内核常常要判断进程地址空间中的内存区域是否满足某些条件,为了方便执行,内核定义了许多辅助函数,它们都声明在linux/mm.h中。
- find_vma()
在mm/mmap.c中
- /* Look up the first VMA which satisfies addr < vm_end, NULL if none. */
- struct vm_area_struct * find_vma(struct mm_struct * mm, unsigned long addr)
- {
- struct vm_area_struct *vma = NULL;
- if (mm) {
- /* Check the cache first. */
- /* (Cache hit rate is typically around 35%.) */
- vma = mm->mmap_cache;
- //如果缓存中并未包含希望的VMA,则搜索红黑树
- if (!(vma && vma->vm_end > addr && vma->vm_start <= addr)) {
- struct rb_node * rb_node;
- rb_node = mm->mm_rb.rb_node;
- vma = NULL;
- while (rb_node) {
- struct vm_area_struct * vma_tmp;
- vma_tmp = rb_entry(rb_node,
- struct vm_area_struct, vm_rb);
- if (vma_tmp->vm_end > addr) {
- vma = vma_tmp;
- if (vma_tmp->vm_start <= addr)
- break;
- rb_node = rb_node->rb_left;
- } else
- rb_node = rb_node->rb_right;
- }
- if (vma)
- mm->mmap_cache = vma;
- }
- }
- return vma; //返回第一个大于addr的VMA
- }
该函数在指定的地址空间中搜索第一个vm_end大于addr的内存区域。换句话说,该函数寻找第一个包含addr或首地址大于addr的内存区域。

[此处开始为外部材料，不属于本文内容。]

//! Marks in a font that does not position them: each is put over or under its base by the bounds of both and by the combining
//! class of the mark (HarfBuzz's `_hb_ot_shape_fallback_mark_position`; Unicode Standard, "Combining Classes").

ghost use Rattle.std.specs.Prelude.{◌≡◌, ◌<◌, ◌≤◌, false, length, slice_index_or, pos, int_div, IfOk, IfSome, IsSome, if◌then◌else◌};
ghost use Rattle.std.specs.List.{prefix_len};
ghost use Rattle.ot_attachments.specs.Flags.{break_marked, untouched};
ghost use Rattle.ot_lookups.specs.LookupProps.{glyph_at};
ghost use Rattle.ot_positions.specs.Widths.{without_advance};
ghost use Rattle.script_items.specs.Marks.{is_mark, is_nonspacing};
ghost use Rattle.ot_positioning.specs.MarkPlacing as placing;
ghost use Rattle.ot_positioning.specs.MarkPlacing.{AreDone, AreMarksPlaced, IsBase, IsBegun, IsBehind, IsDoneAt, IsPlaced, IsPlacedAt, IsPutAround};
ghost use Rattle.ot_positioning.specs.MarkPlacing.{marks_end, position_at};
ghost use Rattle.shaping_buffer.specs.KeepsClusters.{KeepsClusters};
ghost use Rattle.shaping_buffer.specs.Positions.{zero_position};

use crate::mark_placing::{Line, Marks};
use font_face::Face;
use font_functions::FontFunctions;
use ot_attachments::flags::mark_break;
use ot_layout::ligature_parts::{component_count, ligature_id};
use ot_positions::{set_position, zero_mark_width};
use rb_common::{Direction, GlyphId, Script};
use rb_glyph::GlyphExtents;
use script_items::glyph_info::is_nonspacing_mark;
use script_items::item::{is_unicode_mark, modified_combining_class};
use shaping_buffer::{GlyphPosition, hb_buffer_t, hb_glyph_info_t};
use std::alloc::AllocError;

/// Positions the marks behind each base. `direction` is the way in which the line was said to run. The advances of marks are
/// taken; where the font has no bounds of a base, its marks are moved back by theirs if `adjusts` says so. Requires positions, and that no
/// output is open. `Err(AllocError)` where memory runs out for the points of an outline that varies.
#[tactic(auto, using(shaping_buffer::proofs::ClosedKeepsLemmas::kept))]
pub fn position_marks<F: FontFunctions>(
    buffer: &mut hb_buffer_t,
    face: &Face,
    font: &F,
    direction: Direction,
    adjusts: bool,
) -> Result<(), AllocError>
    requires closed { buffer.old.have_output ≡ false }
    requires placed { IsSome buffer.old.positions }
    ensures is { IfOk result (λ _. AreMarksPlaced (F.may_advance font.now)
        (placing.line_of direction (int_div face.now.scale.y (pos 16)) buffer.old) adjusts buffer.old buffer.new) }
    ensures closed { buffer.new.have_output ≡ false }
    ensures placed { IsSome buffer.new.positions }
    ensures keeps { KeepsClusters buffer.old buffer.new }
{
    let line = line_of(buffer, direction, face);
    mark_baseless(buffer);
    place_all(buffer, font, line, adjusts)
}

/// Positions the marks behind each base, one base after the other.
#[tactic(auto, using(shaping_buffer::proofs::ClosedKeepsLemmas::kept))]
fn place_all<F: FontFunctions>(
    buffer: &mut hb_buffer_t,
    font: &F,
    line: Line,
    adjusts: bool,
) -> Result<(), AllocError>
    requires closed { buffer.old.have_output ≡ false }
    requires placed { IsSome buffer.old.positions }
    ensures is { IfOk result (λ _.
        AreDone (F.may_advance font.now) line adjusts (length buffer.old.input) 0 buffer.old buffer.new) }
    ensures closed { buffer.new.have_output ≡ false }
    ensures placed { IsSome buffer.new.positions }
    ensures keeps { KeepsClusters buffer.old buffer.new }
{
    for place in 0..buffer.len() {
        place_behind(buffer, font, line, place, adjusts)?;
    }
    Ok(())
}

/// Positions the marks behind the item at a place, if it is a base that has some: the text is not to be broken between them.
#[tactic(auto, using(shaping_buffer::proofs::ClosedKeepsLemmas::kept))]
fn place_behind<F: FontFunctions>(
    buffer: &mut hb_buffer_t,
    font: &F,
    line: Line,
    place: usize,
    adjusts: bool,
) -> Result<(), AllocError>
    requires closed { buffer.old.have_output ≡ false }
    requires placed { IsSome buffer.old.positions }
    requires within { place < length buffer.old.input }
    ensures is { IfOk result (λ _. IsDoneAt (F.may_advance font.now) line adjusts place buffer.old buffer.new) }
    ensures closed { buffer.new.have_output ≡ false }
    ensures placed { IsSome buffer.new.positions }
    ensures same_length { length buffer.new.input ≡ length buffer.old.input }
    ensures keeps { KeepsClusters buffer.old buffer.new }
{
    let end = marks_end(buffer.info(), place);
    let has_none = end - place == 1;
    if has_none {
        return Ok(());
    }
    keep_together(buffer, place, end);
    place_around(buffer, font, line, (place, end), adjusts)
}

/// Says that the text is not to be broken between these places.
fn keep_together(buffer: &mut hb_buffer_t, start: usize, end: usize)
    requires closed { buffer.old.have_output ≡ false }
    requires placed { IsSome buffer.old.positions }
    ensures is { buffer.new ≡ break_marked start end buffer.old }
    ensures closed { buffer.new.have_output ≡ false }
    ensures placed { IsSome buffer.new.positions }
    ensures rest { untouched buffer.new ≡ untouched buffer.old }
    ensures keeps { KeepsClusters buffer.old buffer.new }
{
    prove!(buffer.out_len() == 0);
    mark_break(buffer, start, end);
    prove!(buffer.out_len() == 0);
}

/// Where the marks end that stand behind the item at a place; behind a mark there are none of its own.
fn marks_end(infos: &[hb_glyph_info_t], place: usize) -> usize
    requires { place < length infos.now }
    ensures is { result ≡ marks_end infos.now place }
    ensures order { place < result }
{
    if is_unicode_mark(&info_at(infos, place)) {
        place + 1
    } else {
        place + 1 + first_marks(&infos[place + 1..])
    }
}

/// Marks those that begin the text, and have no base, as unsafe to concatenate: behind another text they might have one.
fn mark_baseless(buffer: &mut hb_buffer_t)
    requires closed { buffer.old.have_output ≡ false }
    requires placed { IsSome buffer.old.positions }
    ensures is { buffer.new ≡ placing.baseless_marked buffer.old }
    ensures closed { buffer.new.have_output ≡ false }
    ensures placed { IsSome buffer.new.positions }
    ensures keeps { KeepsClusters buffer.old buffer.new }
{
    let end = first_marks(buffer.info());
    buffer.unsafe_to_concat(Some(0), Some(end));
}

/// How many marks begin a text.
fn first_marks(infos: &[hb_glyph_info_t]) -> usize
    ensures is { result ≡ prefix_len is_mark infos.now }
    ensures within { result ≤ length infos.now }
{
    infos
        .iter()
        .take_while(|info| is_unicode_mark(info))
        .count()
}

/// How a line runs.
fn line_of(buffer: &hb_buffer_t, direction: Direction, face: &Face) -> Line
    ensures { result ≡ placing.line_of direction (int_div face.now.scale.y (pos 16)) buffer.now }
{
    Line {
        direction: buffer.direction,
        components_run_right: runs_right(horizontal_direction(direction, buffer.script)),
        gap: face.scale.y / 16,
    }
}

/// The way in which the components of a ligature stand: in vertical lines that of the script, from left to right where the text has none.
fn horizontal_direction(direction: Direction, script: Option<Script>) -> Option<Direction>
    ensures { result ≡ placing.horizontal_direction direction script }
{
    if direction.is_horizontal() {
        return Some(direction);
    }
    match script {
        Some(script) => Direction::from_script(script),
        None => Some(Direction::LeftToRight),
    }
}

/// Whether this way is from left to right.
fn runs_right(direction: Option<Direction>) -> bool
    ensures { result ≡ placing.runs_right direction }
{
    match direction {
        Some(direction) => is_left_to_right(direction),
        None => false,
    }
}

/// Whether a direction is from left to right.
fn is_left_to_right(direction: Direction) -> bool
    ensures { result ≡ placing.is_left_to_right direction }
{
    matches!(direction, Direction::LeftToRight)
}

/// Positions the marks of a base, which stand behind it up to the end of `range`.
fn place_around<F: FontFunctions>(
    buffer: &mut hb_buffer_t,
    font: &F,
    line: Line,
    range: (usize, usize),
    adjusts: bool,
) -> Result<(), AllocError>
    requires closed { buffer.old.have_output ≡ false }
    requires placed { IsSome buffer.old.positions }
    requires order { range.0 < range.1 }
    ensures is { IfOk result (λ _.
        IsPutAround (F.may_advance font.now) line adjusts range.0 range.1 buffer.old buffer.new) }
    ensures rest { buffer.new ≡ record buffer.old { positions = buffer.new.positions } }
    ensures placed { IsSome buffer.new.positions }
{
    let mut marks = marks_of(buffer, font, line, range.0)?;
    for place in range.0 + 1..range.1 {
        place_at(buffer, font, &mut marks, place, adjusts)?;
    }
    Ok(())
}

/// The item at a place as a base, with no marks yet; `None` where the font has no bounds of it.
fn marks_of<F: FontFunctions>(
    buffer: &hb_buffer_t,
    font: &F,
    line: Line,
    place: usize,
) -> Result<Option<Marks>, AllocError>
    requires { IsSome buffer.now.positions }
    ensures { IfOk result (IsBegun (F.may_advance font.now) line (glyph_at buffer.now.input place) (position_at place buffer.now)) }
{
    let info = info_at(buffer.info(), place);
    let position = position_at(buffer.pos(), place);
    marks_around(font, line, &info, &position)
}

/// The base of an item at a position, with no marks yet.
fn marks_around<F: FontFunctions>(
    font: &F,
    line: Line,
    info: &hb_glyph_info_t,
    position: &GlyphPosition,
) -> Result<Option<Marks>, AllocError>
    ensures { IfOk result (IsBegun (F.may_advance font.now) line info.now position.now) }
{
    let Some(glyph) = glyph_of(info) else {
        return Ok(None);
    };
    let Some(bounds) = font.glyph_extents(glyph)? else {
        return Ok(None);
    };
    let base = base_of(font, glyph, bounds, position);
    let parts = (ligature_id(info), component_count(info));
    Ok(Some(Marks::new(line, base, position, parts)))
}

/// Positions the item at a place behind a base.
fn place_at<F: FontFunctions>(
    buffer: &mut hb_buffer_t,
    font: &F,
    marks: &mut Option<Marks>,
    place: usize,
    adjusts: bool,
) -> Result<(), AllocError>
    requires closed { buffer.old.have_output ≡ false }
    requires placed { IsSome buffer.old.positions }
    ensures is { IfOk result (λ _. IsPlacedAt adjusts place buffer.old marks.old buffer.new marks.new) }
    ensures rest { buffer.new ≡ record buffer.old { positions = buffer.new.positions } }
    ensures placed { IsSome buffer.new.positions }
{
    let info = info_at(buffer.info(), place);
    let mut position = position_at(buffer.pos(), place);
    place_one(marks, font, &info, &mut position, adjusts)?;
    set_position(buffer, place, position);
    Ok(())
}

/// The item at a place.
fn info_at(infos: &[hb_glyph_info_t], place: usize) -> hb_glyph_info_t
    ensures { result ≡ glyph_at infos.now place }
{
    if place < infos.len() {
        infos[place]
    } else {
        hb_glyph_info_t::default()
    }
}

/// The position at a place.
fn position_at(positions: &[GlyphPosition], place: usize) -> GlyphPosition
    ensures { result ≡ slice_index_or positions.now place zero_position }
{
    if place < positions.len() {
        positions[place]
    } else {
        GlyphPosition::default()
    }
}

/// Positions an item behind a base; where there is nothing to put marks around, those without width take no room.
fn place_one<F: FontFunctions>(
    marks: &mut Option<Marks>,
    font: &F,
    info: &hb_glyph_info_t,
    position: &mut GlyphPosition,
    adjusts: bool,
) -> Result<(), AllocError>
    ensures { IfOk result (λ _. IsBehind adjusts info.now marks.old position.old marks.new position.new) }
{
    match marks {
        Some(marks) => position_mark(marks, font, info, position),
        None => {
            narrow(info, position, adjusts);
            Ok(())
        }
    }
}

/// Takes the advance of a mark without width.
fn narrow(info: &hb_glyph_info_t, position: &mut GlyphPosition, adjusts: bool)
    ensures { position.new
        ≡ (if is_nonspacing info.now then without_advance adjusts position.old else position.old) }
{
    if is_nonspacing_mark(info) {
        zero_mark_width(position, adjusts);
    }
}

/// What marks are put around, by the bounds of the base: it is as wide as its advance, and stands as much higher as it was moved up.
fn base_of<F: FontFunctions>(
    font: &F,
    glyph: GlyphId,
    bounds: GlyphExtents,
    position: &GlyphPosition,
) -> GlyphExtents
    ensures { IsBase (F.may_advance font.now glyph.0) bounds position.now result }
{
    GlyphExtents {
        x_bearing: 0,
        y_bearing: bounds.y_bearing.wrapping_add(position.y_offset),
        width: font.glyph_h_advance(glyph),
        height: bounds.height,
    }
}

/// The glyph of an item, which has 16 bits.
fn glyph_of(info: &hb_glyph_info_t) -> Option<GlyphId>
    ensures { IfSome result (λ glyph. glyph.0 ≡ info.now.glyph_id) }
{
    match u16::try_from(info.glyph_id) {
        Ok(number) => Some(GlyphId(number)),
        Err(_) => None,
    }
}

/// Positions an item behind a base: a mark with a class by that class. The next marks stand behind any other item.
fn position_mark<F: FontFunctions>(
    marks: &mut Marks,
    font: &F,
    info: &hb_glyph_info_t,
    position: &mut GlyphPosition,
) -> Result<(), AllocError>
    ensures { IfOk result (λ _. IsPlaced info.now marks.old position.old marks.new position.new) }
{
    if modified_combining_class(info) == 0 {
        marks.pass(position);
        return Ok(());
    }
    let bounds = bounds_of(font, info)?;
    marks.place(info, bounds, position);
    Ok(())
}

/// The bounds that the font has of an item's glyph.
fn bounds_of<F: FontFunctions>(
    font: &F,
    info: &hb_glyph_info_t,
) -> Result<Option<GlyphExtents>, AllocError> {
    match glyph_of(info) {
        Some(glyph) => font.glyph_extents(glyph),
        None => Ok(None),
    }
}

注意,由于返回的VMA首地址可能大于addr,所以指定的地址并不一定就包含在返回的VMA中。因为肯那个在对某个VMA执行操作之后,还有其他操作会对该VMA继续进行,所以该函数返回的结果被缓存在内存描述符mm_struct中的mmap_cache域中。如果指定的地址不在缓存中,那么必须搜索和内存描述符相关的所有内存区域,这种搜索通过红黑树进行。
find_vma_prev()
find_vma_prev()函数和find_vma()工作方式相同,但是它返回第一个小于addr的VMA。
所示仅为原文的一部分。